As a result, these features are largely orthogonal, and the rules are simple
to state and learn -- even if they at first seem a bit odd (you have to cast
all numeric types to each-other before they can interact).

In contrast to Scala, another modern language I investigated recently, which
seemed like quite a thicket of features.. some of which seemed just to be
there to mediate the interaction of other features.

------
klodolph
I was really surprised how many errors there were in the quiz.

Errors in the quiz:

3\. (unsigned short)1 > -1: This will evaluate to 0 on systems where
sizeof(short)<sizeof(int), and 1 on systems where sizeof(short)==sizeof(int).
Yes, such systems exist. Old Cray supercomputers and various DSP processors
don't have byte-addressable memory, only word-addressable, so they make all
primitive types a word long.

5\. SCHAR_MAX == CHAR_MAX: The person who wrote the quiz even ACKNOWLEDGES
that the quiz is incorrect here and apologizes. This is implementation-
dependent, it is 1 when char is signed and 0 when char is unsigned. Both types
of systems exist. You can use -funsigned-char on GCC, for example.
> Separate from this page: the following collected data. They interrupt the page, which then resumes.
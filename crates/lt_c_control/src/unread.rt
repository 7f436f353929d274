// What is asked of inboxes, and that they are read.

ghost use Rattle.std.specs.Prelude.{◌≡◌, IfOk};
ghost use Rattle.lt_c.specs.Tree.{Statement as Sentence};
ghost use Rattle.lt_c.specs.Views.{tree_of, statement_of};
ghost use Rattle.lt_c_control.specs.Control.{unread_ack, all_data, some_data, all_acks, if_acked, read_data, read_acks};
ghost use Rattle.lt_c_control.specs.Steps.{data_step, some_step, ack_step, read_step, seen_step};

use crate::statements::{copied, differ, either, joined, then};
use lt_base::Memory;
use lt_c::{Action, Expression, Symbol, Variable};
use std::alloc::Global;

// One more inbox for data before others.
fn data_before(alloc: Global, j: u32, rest: Expression) -> Result<Expression, Memory>
    ensures { IfOk result (λ e. tree_of e ≡ data_step j (tree_of rest)) }
{
    let first = differ(alloc, Variable::Bit(j), Variable::Read(j))?;
    joined(alloc, Symbol::And, first, rest)
}

/// Every one of these inboxes for data has a message that was not read, and what is given holds.
pub(crate) fn all_data(alloc: Global, js: &[u32], e: Expression) -> Result<Expression, Memory>
    ensures { IfOk result (λ all. tree_of all ≡ all_data js.now (tree_of e)) }
{
    let mut all = e;
    'inboxes: for i in 0..js.len() {
        let j = js[js.len() - 1 - i];
        all = data_before(alloc, j, all)?;
    }
    Ok(all)
}

fn some_before(alloc: Global, j: u32, rest: Expression) -> Result<Expression, Memory>
    ensures { IfOk result (λ e. tree_of e ≡ some_step j (tree_of rest)) }
{
    let first = differ(alloc, Variable::Bit(j), Variable::Read(j))?;
    joined(alloc, Symbol::Or, first, rest)
}

/// Some one of these inboxes has such a message, or what is given holds.
pub(crate) fn some_data(alloc: Global, js: &[u32], e: Expression) -> Result<Expression, Memory>
    ensures { IfOk result (λ some. tree_of some ≡ some_data js.now (tree_of e)) }
{
    let mut some = e;
    'inboxes: for i in 0..js.len() {
        let j = js[js.len() - 1 - i];
        some = some_before(alloc, j, some)?;
    }
    Ok(some)
}

fn unread_ack(alloc: Global, j: u32) -> Result<Expression, Memory>
    ensures { IfOk result (λ e. tree_of e ≡ unread_ack j) }
{
    differ(alloc, Variable::Ack(j), Variable::Seen(j))
}

// One more inbox for acknowledgements before others.
fn ack_before(alloc: Global, j: u32, rest: Expression) -> Result<Expression, Memory>
    ensures { IfOk result (λ e. tree_of e ≡ ack_step j (tree_of rest)) }
{
    let first = unread_ack(alloc, j)?;
    joined(alloc, Symbol::And, first, rest)
}

// Every one of these inboxes for acknowledgements has a message that was not read, and what is given holds.
fn all_acks(alloc: Global, js: &[u32], e: Expression) -> Result<Expression, Memory>
    ensures { IfOk result (λ all. tree_of all ≡ all_acks js.now (tree_of e)) }
{
    let mut all = e;
    'inboxes: for i in 0..js.len() {
        let j = js[js.len() - 1 - i];
        all = ack_before(alloc, j, all)?;
    }
    Ok(all)
}

/// A statement where all acknowledgements are there.
pub(crate) fn if_acked(alloc: Global, js: &[u32], s: Action) -> Result<Action, Memory>
    ensures { IfOk result (λ t. (run : Sentence) → statement_of run t ≡ if_acked js.now (statement_of run s)) }
{
    match js.split_first() {
        None => Ok(s),
        Some((j, rest)) => {
            let first = unread_ack(alloc, *j)?;
            let all = all_acks(alloc, rest, first)?;
            either(alloc, all, s, Action::Nothing)
        }
    }
}

fn read_before(alloc: Global, j: u32, rest: Action) -> Result<Action, Memory>
    ensures { IfOk result (λ s. (run : Sentence) → statement_of run s ≡ read_step j (statement_of run rest)) }
{
    then(alloc, copied(Variable::Read(j), Variable::Bit(j)), rest)
}

/// The data that is there is read.
pub(crate) fn read_data(alloc: Global, js: &[u32]) -> Result<Action, Memory>
    ensures { IfOk result (λ s. (run : Sentence) → statement_of run s ≡ read_data js.now) }
{
    let mut all = Action::Nothing;
    'inboxes: for i in 0..js.len() {
        let j = js[js.len() - 1 - i];
        all = read_before(alloc, j, all)?;
    }
    Ok(all)
}

fn seen_before(alloc: Global, j: u32, rest: Action) -> Result<Action, Memory>
    ensures { IfOk result (λ s. (run : Sentence) → statement_of run s ≡ seen_step j (statement_of run rest)) }
{
    then(alloc, copied(Variable::Seen(j), Variable::Ack(j)), rest)
}

/// The acknowledgements that are there are read.
pub(crate) fn read_acks(alloc: Global, js: &[u32]) -> Result<Action, Memory>
    ensures { IfOk result (λ s. (run : Sentence) → statement_of run s ≡ read_acks js.now) }
{
    let mut all = Action::Nothing;
    'inboxes: for i in 0..js.len() {
        let j = js[js.len() - 1 - i];
        all = seen_before(alloc, j, all)?;
    }
    Ok(all)
}
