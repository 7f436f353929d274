// The statements of controllers.

ghost use Rattle.std.specs.Prelude.{◌≡◌, ◌<◌, ◌^◌, [], IfOk};
ghost use Rattle.lt_c.specs.Tree.{Statement as Sentence, assign, branch, both, nothing, perform, more, left, phase, c_integer, c_var};
ghost use Rattle.lt_c.specs.Views.{place_in, statement_of};
ghost use Rattle.lt_c_control.specs.Control.{all_data, some_data, if_acked, is_number, becomes, executing, sending, pressure, counted_down, counting};

use crate::statements::{becomes, either, is_number, then, turned};
use crate::unread::{all_data, if_acked, read_acks, read_data, some_data};
use lt_base::Memory;
use lt_c::{Action, Expression, Function, Variable};
use std::alloc::Global;

// The step is run, and the data that it used is read.
fn executing(alloc: Global, ins: &[u32]) -> Result<Action, Memory>
    ensures { IfOk result (λ s. (run : Sentence) → statement_of run s ≡ executing ins.now (perform run)) }
{
    let turn = turned(alloc, Variable::Executed)?;
    let last = then(alloc, turn, becomes(Variable::Did, 1))?;
    let marked = then(alloc, becomes(Variable::Phase, 1), last)?;
    let read = read_data(alloc, ins)?;
    let after = then(alloc, read, marked)?;
    then(alloc, Action::Run, after)
}

// The acknowledgements are read, and the phase changes.
fn sending(alloc: Global, acks: &[u32], phase: i64) -> Result<Action, Memory>
    ensures { IfOk result (λ s. (run : Sentence) → statement_of run s ≡ sending acks.now (assign (place_in Variable.Phase) (c_integer phase))) }
{
    let turn = turned(alloc, Variable::Sent)?;
    let last = then(alloc, turn, becomes(Variable::Did, 2))?;
    let marked = then(alloc, becomes(Variable::Phase, phase), last)?;
    let read = read_acks(alloc, acks)?;
    then(alloc, read, marked)
}

// A node that waits executes, where all data and an instant's inputs are there.
fn waiting(alloc: Global, ins: &[u32]) -> Result<Action, Memory>
    ensures { IfOk result (λ s. (run : Sentence) → statement_of run s ≡ branch (all_data ins.now (c_var more)) (executing ins.now (perform run)) nothing) }
{
    let may = all_data(alloc, ins, Expression::Var(Variable::More))?;
    let execute = executing(alloc, ins)?;
    either(alloc, may, execute, Action::Nothing)
}

// A node that has executed sends, where all acknowledgements are there.
fn ready(alloc: Global, acks: &[u32]) -> Result<Action, Memory>
    ensures { IfOk result (λ s. (run : Sentence) → statement_of run s ≡ if_acked acks.now (sending acks.now (becomes phase 0))) }
{
    let send = sending(alloc, acks, 0)?;
    if_acked(alloc, acks, send)
}

/// An activation under back-pressure, of a node with data from some nodes and acknowledgements of some, which are given by their numbers.
///
/// # Errors
///
/// When memory is short.
pub fn pressure(alloc: Global, ins: &[u32], acks: &[u32]) -> Result<Action, Memory>
    ensures { IfOk result (λ s. (run : Sentence) → statement_of run s ≡ pressure ins.now acks.now (perform run)) }
{
    let ready = ready(alloc, acks)?;
    let wait = waiting(alloc, ins)?;
    let is_ready = is_number(alloc, Variable::Phase, 1)?;
    let act = either(alloc, is_ready, ready, wait)?;
    then(alloc, becomes(Variable::Did, 0), act)
}

// One less to count.
fn counted_down(alloc: Global) -> Result<Action, Memory>
    ensures { IfOk result (λ s. (run : Sentence) → statement_of run s ≡ counted_down) }
{
    let left = Box::new(alloc, Expression::Var(Variable::Left))?;
    let one = Box::new(alloc, Expression::Number(1))?;
    Ok(Action::Assign(Variable::Left, Expression::Call(Function::Sub, left, one)))
}

// An instant is executed, where its inputs are at hand, and then it counts until it sends.
fn started(alloc: Global, ins: &[u32], send: i64) -> Result<Action, Memory>
    ensures { IfOk result (λ s. (run : Sentence) → statement_of run s ≡ branch (c_var more) (both (executing ins.now (perform run)) (assign left (c_integer send))) nothing) }
{
    let execute = executing(alloc, ins)?;
    let counts = then(alloc, execute, becomes(Variable::Left, send))?;
    either(
        alloc,
        Expression::Var(Variable::More),
        counts,
        Action::Nothing,
    )
}

// It sends, or counts down until it does.
fn to_send(alloc: Global, ins: &[u32], execute: i64) -> Result<Action, Memory>
    ensures { IfOk result (λ s. (run : Sentence) → statement_of run s
        ≡ branch (some_data ins.now (is_number left 1)) (both (sending [] (becomes phase 2)) (assign left (c_integer execute))) counted_down) }
{
    let is_last = is_number(alloc, Variable::Left, 1)?;
    let may = some_data(alloc, ins, is_last)?;
    let send = sending(alloc, &[], 2)?;
    let counts = then(alloc, send, becomes(Variable::Left, execute))?;
    let down = counted_down(alloc)?;
    either(alloc, may, counts, down)
}

// It executes, or counts down until it does.
fn to_execute(alloc: Global, ins: &[u32], send: i64) -> Result<Action, Memory>
    ensures { IfOk result (λ s. (run : Sentence) → statement_of run s
        ≡ branch (is_number left 1) (branch (c_var more) (both (executing ins.now (perform run)) (assign left (c_integer send))) nothing) counted_down) }
{
    let is_last = is_number(alloc, Variable::Left, 1)?;
    let start = started(alloc, ins, send)?;
    let down = counted_down(alloc)?;
    either(alloc, is_last, start, down)
}

/// An activation under the time-based protocol, of a node with data from some nodes, which counts so many activations from an execution to
/// its send, and from a send to the next execution.
///
/// # Errors
///
/// When memory is short.
pub fn counting(alloc: Global, ins: &[u32], send: u64, execute: u64) -> Result<Action, Memory>
    requires send { send < 2 ^ 63 }
    requires execute { execute < 2 ^ 63 }
    ensures { IfOk result (λ s. (run : Sentence) → statement_of run s ≡ counting send execute ins.now (perform run)) }
{
    let first = started(alloc, ins, send as i64)?;
    let sends = to_send(alloc, ins, execute as i64)?;
    let executes = to_execute(alloc, ins, send as i64)?;
    let is_sending = is_number(alloc, Variable::Phase, 1)?;
    let later = either(alloc, is_sending, sends, executes)?;
    let is_first = is_number(alloc, Variable::Phase, 0)?;
    let act = either(alloc, is_first, first, later)?;
    then(alloc, becomes(Variable::Did, 0), act)
}
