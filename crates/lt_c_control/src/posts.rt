// What is sent again.

/// A value that is sent, where links lose messages: the node to which, its place in the message, and its slot.
#[derive(Clone, Copy)]
pub struct Post {
    pub to_node: u32,
    pub at_place: u32,
    pub from_slot: u32,
}
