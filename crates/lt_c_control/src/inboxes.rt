// The statements of inboxes: what they begin with, and that what comes is put into them.

ghost use Rattle.std.specs.Prelude.{◌≡◌, ◌<◌, ◌^◌, IfOk, length};
ghost use Rattle.lt_c.specs.Tree.{Statement as Sentence, payload, assign, both};
ghost use Rattle.lt_c.specs.Literals.{of_value};
ghost use Rattle.lt_c.specs.Views.{tree_of, statement_of};
ghost use Rattle.lt_c_control.specs.Inboxes.{taking, delivering, acknowledging, filling, starting_inbox, starting_ack, starting_left, starting_phase};

use crate::statements::{becomes, copied, then};
use lt_base::{Memory, Value};
use lt_c::{Action, Expression, Variable};
use std::alloc::Global;

fn literal(v: Value) -> Expression
    ensures { tree_of result ≡ of_value v }
{
    match v {
        Value::Int(n) => Expression::Number(n),
        Value::Bool(b) => Expression::Truth(b),
    }
}

// So many values of the message at hand are put into the inbox of a node.
fn taking(alloc: Global, j: u32, count: u32) -> Result<Action, Memory>
    ensures { IfOk result (λ s. (run : Sentence) → statement_of run s ≡ taking j count) }
{
    let mut all = Action::Nothing;
    'places: for k in 0..count {
        all = then(
            alloc,
            all,
            copied(Variable::Payload(j, k), Variable::Message(k)),
        )?;
    }
    Ok(all)
}

/// A message of so many values, which is at hand, is put into the inbox for the data of a node.
///
/// # Errors
///
/// When memory is short: so it is with all builders of this crate.
pub fn delivering(alloc: Global, j: u32, count: u32) -> Result<Action, Memory>
    ensures { IfOk result (λ s. (run : Sentence) → statement_of run s ≡ delivering j count) }
{
    let values = taking(alloc, j, count)?;
    then(
        alloc,
        copied(Variable::Bit(j), Variable::MessageBit),
        values,
    )
}

/// An acknowledgement, which is at hand, is put into the inbox for those of a node.
pub fn acknowledging(j: u32) -> Action
    ensures { (run : Sentence) → statement_of run result ≡ acknowledging j }
{
    copied(Variable::Ack(j), Variable::AnswerBit)
}

// The value at a place of an inbox before others.
fn value_before(alloc: Global, j: u32, k: u32, v: Value, rest: Action) -> Result<Action, Memory>
    ensures { IfOk result (λ s. (run : Sentence) → statement_of run s ≡ both (assign (payload j k) (of_value v)) (statement_of run rest)) }
{
    then(
        alloc,
        Action::Assign(Variable::Payload(j, k), literal(v)),
        rest,
    )
}

fn filling(alloc: Global, j: u32, vs: &[Value]) -> Result<Action, Memory>
    requires few { length vs.now < 2 ^ 32 }
    ensures { IfOk result (λ s. (run : Sentence) → statement_of run s ≡ filling j 0 vs.now) }
{
    let mut all = Action::Nothing;
    'places: for i in 0..vs.len() {
        let k = vs.len() - 1 - i;
        all = value_before(alloc, j, k as u32, vs[k], all)?;
    }
    Ok(all)
}

/// The inbox for the data of a node begins with these values, as a message that was not read.
pub fn starting_inbox(alloc: Global, j: u32, firsts: &[Value]) -> Result<Action, Memory>
    requires few { length firsts.now < 2 ^ 32 }
    ensures { IfOk result (λ s. (run : Sentence) → statement_of run s ≡ starting_inbox (record { from_node = j; firsts = firsts.now })) }
{
    let values = filling(alloc, j, firsts)?;
    let read = Action::Assign(Variable::Read(j), Expression::Truth(true));
    let marked = then(alloc, read, values)?;
    let bit = Action::Assign(Variable::Bit(j), Expression::Truth(false));
    then(alloc, bit, marked)
}

/// The inbox for the acknowledgements of a node begins with one that was read.
pub fn starting_ack(alloc: Global, j: u32) -> Result<Action, Memory>
    ensures { IfOk result (λ s. (run : Sentence) → statement_of run s ≡ starting_ack j) }
{
    let bit = Action::Assign(Variable::Ack(j), Expression::Truth(false));
    let seen = Action::Assign(Variable::Seen(j), Expression::Truth(false));
    then(alloc, bit, seen)
}

fn starting_left(counts: bool) -> Action
    ensures { (run : Sentence) → statement_of run result ≡ starting_left counts }
{
    if counts {
        return becomes(Variable::Left, 0);
    }
    Action::Nothing
}

/// The controller begins with its first phase, and with the bits before the first messages. One that counts has a countdown.
pub fn starting_phase(alloc: Global, counts: bool) -> Result<Action, Memory>
    ensures { IfOk result (λ s. (run : Sentence) → statement_of run s ≡ starting_phase counts) }
{
    let sent = Action::Assign(Variable::Sent, Expression::Truth(false));
    let executed = Action::Assign(Variable::Executed, Expression::Truth(false));
    let bits = then(alloc, sent, executed)?;
    let phase = then(alloc, becomes(Variable::Phase, 0), bits)?;
    then(alloc, starting_left(counts), phase)
}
11: int x; x << 31: This is only defined for some values on platforms where
int has at least 32 bits. There exist systems where int has 16 bits, in which
case this is undefined for all values. Old DOS PCs often used 16-bit ints, and
I believe that ints were 16 bits when C was invented.

12: int x; x << 32: This is only undefined on systems where int has no more
than 32 bits. There exist systems where int has more bits. Do a search for
ILP64 if you wish to hear about such systems.

14: unsigned x; x << 31: Again, this is only defined on systems where int has
at least 32 bits. See #11.

15: unsigned short; x << 31: This one is tricky. There are four different
cases, depending on the size of int and whether sizeof(short)==sizeof(int).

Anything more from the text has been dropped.